__ASSIGNED TASK__: From the first line of the records through the line containing "const ROOT: &[u8]", retype every line exactly and nothing else.

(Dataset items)
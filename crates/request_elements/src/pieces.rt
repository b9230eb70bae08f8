//! The pieces of a body, one in sight at a time.
ghost use Rattle.std.specs.Prelude.{◌≡◌, ◌==◌, ◌&&◌, ◌||◌, not, ◌+◌, ◌<◌, ◌∷◌, length, drop, MatchOption, Some, None, if◌then◌else◌};
ghost use Rattle.std.specs.Str.{is_utf8};
ghost use Rattle.grammar_rules.specs.Readers.{starts};
ghost use Rattle.grammar_rules.specs.Placed.{first_place};
ghost use Rattle.request_elements.specs.Pieces.{start_tag, empty_tag, ends_with, but_last, has, is_blank, are_blanks, up_to, without_last_blanks, without_first_blanks, is_declaration, is_root_with_namespace, is_namespace, is_declared, named, tag, cut, symbols_of};
ghost use Rattle.request_elements.specs.Grammar.{is_declaration_piece, is_blank_piece, starts_element, ends_element, is_whole_element};
ghost use Rattle.request_elements.specs.Cursor.{shown, first_text, first_name};

use crate::element::Element;
use memchr::memchr;
use std::marker::Model;

const ROOT: &[u8] = b"SelectObjectContentRequest";

const NAMESPACE: &[u8] = b"xmlns=\"http://s3.amazonaws.com/doc/2006-03-01/\"";

const NAMESPACE_IN_SINGLE_QUOTES: &[u8] = b"xmlns='http://s3.amazonaws.com/doc/2006-03-01/'";

/// A piece: a tag by its name, or what stands between two tags.
#[derive(Clone, Copy)]
pub(crate) enum Piece<'b> {
    Declaration,
    Start(&'b [u8]),
    End(&'b [u8]),
    Empty(&'b [u8]),
    Text(&'b [u8]),
    /// A `<` with no `>` behind it.
    Unfit,
}

/// The pieces of a body that are left to read, the first of them in sight.
#[derive(Drop)]
pub(crate) struct PieceCursor<'b> {
    sight: Option<Piece<'b>>,
    at: usize,
    next: usize,
    behind: &'b [u8],
}

impl<'b> Model for PieceCursor<'b> {
    ghost use Rattle.std.specs.Prelude.{List, ◌+◌, ◌<◌, length};
    ghost use Rattle.request_elements.specs.Pieces.{Symbol};
    ghost use Rattle.request_elements.specs.Cursor.{seen};

    ghost Value = { List Symbol };

    ghost view = { λ c. seen c.sight c.at c.next c.behind.now };

    ghost invariant = { λ c. c.next + length c.behind.now < 9223372036854775808 };
}

impl<'b> PieceCursor<'b> {
    /// The pieces of a body.
    pub(crate) fn new(body: &'b [u8]) -> PieceCursor<'b>
        ensures { result ≡ symbols_of body.now }
    {
        PieceCursor::cut(0, body)
    }

    /// The pieces of bytes that begin at this place.
    fn cut(at: usize, bytes: &'b [u8]) -> PieceCursor<'b>
        requires room { at + length bytes.now < 9223372036854775808 }
        ensures { result ≡ cut at bytes.now }
    {
        let Some((first, rest)) = bytes.split_first() else {
            return PieceCursor {
                sight: None,
                at,
                next: at,
                behind: bytes,
            };
        };
        if *first == b'<' {
            return PieceCursor::cut_tag(at, rest);
        }
        let len = length_before(b'<', bytes);
        let (text, behind) = bytes.split_at(len);
        PieceCursor {
            sight: Some(Piece::Text(text)),
            at,
            next: at + len,
            behind,
        }
    }

    /// The pieces of a `<` at this place and the bytes behind it.
    fn cut_tag(at: usize, bytes: &'b [u8]) -> PieceCursor<'b>
        requires room { at + 1 + length bytes.now < 9223372036854775808 }
        ensures { result ≡ cut at (60 ∷ bytes.now) }
    {
        let len = length_before(b'>', bytes);
        if len == bytes.len() {
            return PieceCursor {
                sight: Some(Piece::Unfit),
                at,
                next: at + 1,
                behind: bytes,
            };
        }
        let (inside, _) = bytes.split_at(len);
        let (_, behind) = bytes.split_at(len + 1);
        PieceCursor {
            sight: Some(tag(inside)),
            at,
            next: at + len + 2,
            behind,
        }
    }

    /// Passes the piece in sight, where there is one.
    pub(crate) fn skip(&mut self)
        ensures { self.new ≡ drop 1 self.old }
    {
        if self.sight.is_some() {
            *self = PieceCursor::cut(self.next, self.behind);
        }
    }

    /// Whether no piece is left.
    pub(crate) fn is_empty(&self) -> bool
        ensures { result ≡ (length self.now == 0) }
    {
        self.sight.is_none()
    }

    /// The place of the piece in sight, or `size` where none is left.
    pub(crate) fn place(&self, size: usize) -> usize
        ensures { result ≡ first_place size self.now }
    {
        match self.sight {
            Some(_) => self.at,
            None => size,
        }
    }

    /// Whether the element's start tag is in sight.
    pub(crate) fn starts(&self, element: Element) -> bool
        ensures { result ≡ starts (λ s. starts_element element s.piece) self.now }
    {
        match self.sight {
            Some(Piece::Start(name)) => name == element.name(),
            _ => false,
        }
    }

    /// Whether the element's end tag is in sight.
    pub(crate) fn ends(&self, element: Element) -> bool
        ensures { result ≡ starts (λ s. ends_element element s.piece) self.now }
    {
        match self.sight {
            Some(Piece::End(name)) => name == element.name(),
            _ => false,
        }
    }

    /// Whether a tag that is the whole element is in sight.
    pub(crate) fn is_whole(&self, element: Element) -> bool
        ensures { result ≡ starts (λ s. is_whole_element element s.piece) self.now }
    {
        match self.sight {
            Some(Piece::Empty(name)) => name == element.name(),
            _ => false,
        }
    }

    /// The name of the start tag or whole element in sight.
    pub(crate) fn name(&self) -> Option<&'b [u8]>
        ensures { MatchOption result (first_name self.now ≡ None) (λ name. first_name self.now ≡ Some name.now) }
    {
        match self.sight {
            Some(Piece::Start(name)) => Some(name),
            Some(Piece::Empty(name)) => Some(name),
            _ => None,
        }
    }

    /// The text in sight.
    pub(crate) fn text(&self) -> Option<&'b [u8]>
        ensures { MatchOption result (first_text self.now ≡ None) (λ raw. first_text self.now ≡ Some raw.now) }
    {
        match self.sight {
            Some(Piece::Text(raw)) => Some(raw),
            _ => None,
        }
    }

    /// Whether blanks are in sight.
    pub(crate) fn is_blank(&self) -> bool
        ensures { result ≡ starts (λ s. is_blank_piece s.piece) self.now }
    {
        match self.sight {
            Some(Piece::Text(raw)) => are_blanks(raw),
            _ => false,
        }
    }

    /// Whether a declaration is in sight.
    pub(crate) fn is_declaration(&self) -> bool
        ensures { result ≡ starts (λ s. is_declaration_piece s.piece) self.now }
    {
        match self.sight {
            Some(Piece::Declaration) => true,
            _ => false,
        }
    }
}

/// How many bytes stand before the first such byte, or how many there are.
fn length_before(byte: u8, bytes: &[u8]) -> usize
    ensures { result ≡ length (up_to byte bytes.now) }
{
    match memchr(byte, bytes) {
        Some(at) => at,
        None => bytes.len(),
    }
}

/// Whether the byte stands among these.
#[tactic(auto, using(crate::proofs::ByteLaws::search_has))]
pub(crate) fn has(byte: u8, bytes: &[u8]) -> bool
    ensures { result ≡ has byte bytes.now }
{
    memchr(byte, bytes).is_some()
}

fn is_blank(byte: u8) -> bool
    ensures { result ≡ is_blank byte }
{
    byte == b' ' || byte == b'\t' || byte == b'\r' || byte == b'\n'
}

fn are_blanks(bytes: &[u8]) -> bool
    ensures { result ≡ are_blanks bytes.now }
{
    bytes.iter().all(|byte| is_blank(*byte))
}

/// The bytes without the blanks at their end.
fn without_last_blanks(bytes: &[u8]) -> &[u8]
    ensures { result.now ≡ without_last_blanks bytes.now }
{
    let mut left = bytes;
    'blanks: while let Some((last, front)) = left.split_last() {
        if !is_blank(*last) {
            return left;
        }
        left = front;
    }
    left
}

/// The bytes without the blanks at their front.
fn without_first_blanks(bytes: &[u8]) -> &[u8]
    ensures { result.now ≡ without_first_blanks bytes.now }
{
    let mut left = bytes;
    'blanks: while let Some((first, rest)) = left.split_first() {
        if !is_blank(*first) {
            return left;
        }
        left = rest;
    }
    left
}

/// The tag of this inside.
#[tactic(auto, unfolding(crate::specs::Pieces::tag))]
fn tag(inside: &[u8]) -> Piece<'_>
    ensures { shown result ≡ tag inside.now }
{
    if is_declaration(inside) {
        return Piece::Declaration;
    }
    match inside.split_first() {
        Some((first, rest)) => {
            if *first == b'/' {
                Piece::End(without_last_blanks(rest))
            } else {
                beginning_tag(inside)
            }
        }
        None => beginning_tag(inside),
    }
}

/// The start tag or whole element of this inside.
#[tactic(auto, using(crate::proofs::ByteLaws::ends_last, crate::proofs::ByteLaws::but_last_of))]
fn beginning_tag(inside: &[u8]) -> Piece<'_>
    ensures { shown result ≡ (if ends_with 47 inside.now then empty_tag (named (but_last inside.now)) else start_tag (named inside.now)) }
{
    match inside.split_last() {
        Some((last, front)) => {
            if *last == b'/' {
                Piece::Empty(named(front))
            } else {
                Piece::Start(named(inside))
            }
        }
        None => Piece::Start(named(inside)),
    }
}

/// The name of a start tag.
#[tactic(auto, unfolding(crate::specs::Pieces::named))]
fn named(inside: &[u8]) -> &[u8]
    ensures { result.now ≡ named inside.now }
{
    if is_root_with_namespace(inside) {
        ROOT
    } else {
        without_last_blanks(inside)
    }
}

fn is_root_with_namespace(inside: &[u8]) -> bool
    ensures { result ≡ is_root_with_namespace inside.now }
{
    match inside.strip_prefix(ROOT) {
        Some(rest) => is_namespace(without_last_blanks(rest)),
        None => false,
    }
}

/// One or more blanks and the namespace.
#[tactic(auto, unfolding(crate::specs::Pieces::namespace))]
fn is_namespace(bytes: &[u8]) -> bool
    ensures { result ≡ is_namespace bytes.now }
{
    let Some((blank, rest)) = bytes.split_first() else {
        return false;
    };
    let text = without_first_blanks(rest);
    if !is_blank(*blank) {
        return false;
    }
    if text == NAMESPACE {
        return true;
    }
    text == NAMESPACE_IN_SINGLE_QUOTES
}

/// Whether the inside of a tag is a declaration's.
#[tactic(auto, unfolding(crate::specs::Pieces::is_declaration))]
fn is_declaration(inside: &[u8]) -> bool
    ensures { result ≡ is_declaration inside.now }
{
    match inside.strip_prefix(b"?xml") {
        Some(rest) => is_declared(rest),
        None => false,
    }
}

/// The rest of a declaration, behind its name.
#[tactic(auto, using(crate::proofs::ByteLaws::declared_by))]
fn is_declared(bytes: &[u8]) -> bool
    ensures { result ≡ is_declared bytes.now }
{
    let Some((blank, rest)) = bytes.split_first() else {
        return false;
    };
    let Some((last, middle)) = rest.split_last() else {
        return false;
    };
    if !is_blank(*blank) {
        return false;
    }
    if *last == b'?' {
        is_declaration_text(middle)
    } else {
        false
    }
}

/// Whether these are characters other than `?` and `<`.
fn is_declaration_text(bytes: &[u8]) -> bool
    ensures { result ≡ (not (has 63 bytes.now || has 60 bytes.now) && is_utf8 bytes.now) }
{
    if has(b'?', bytes) {
        return false;
    }
    if has(b'<', bytes) {
        return false;
    }
    is_utf8(bytes)
}

#[tactic(auto, using(crate::proofs::ByteLaws::test_is_utf8))]
fn is_utf8(bytes: &[u8]) -> bool
    ensures { result ≡ is_utf8 bytes.now }
{
    simdutf8::is_utf8(bytes)
}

__SOLUTION FOR THIS EXERCISE__:
filename crates/request_elements/src/pieces.rt
repository b9230eb70bae08f8
//! The pieces of a body, one in sight at a time.
ghost use Rattle.std.specs.Prelude.{◌≡◌, ◌==◌, ◌&&◌, ◌||◌, not, ◌+◌, ◌<◌, ◌∷◌, length, drop, MatchOption, Some, None, if◌then◌else◌};
ghost use Rattle.std.specs.Str.{is_utf8};
ghost use Rattle.grammar_rules.specs.Readers.{starts};
ghost use Rattle.grammar_rules.specs.Placed.{first_place};
ghost use Rattle.request_elements.specs.Pieces.{start_tag, empty_tag, ends_with, but_last, has, is_blank, are_blanks, up_to, without_last_blanks, without_first_blanks, is_declaration, is_root_with_namespace, is_namespace, is_declared, named, tag, cut, symbols_of};
ghost use Rattle.request_elements.specs.Grammar.{is_declaration_piece, is_blank_piece, starts_element, ends_element, is_whole_element};
ghost use Rattle.request_elements.specs.Cursor.{shown, first_text, first_name};

use crate::element::Element;
use memchr::memchr;
use std::marker::Model;

const ROOT: &[u8] = b"SelectObjectContentRequest";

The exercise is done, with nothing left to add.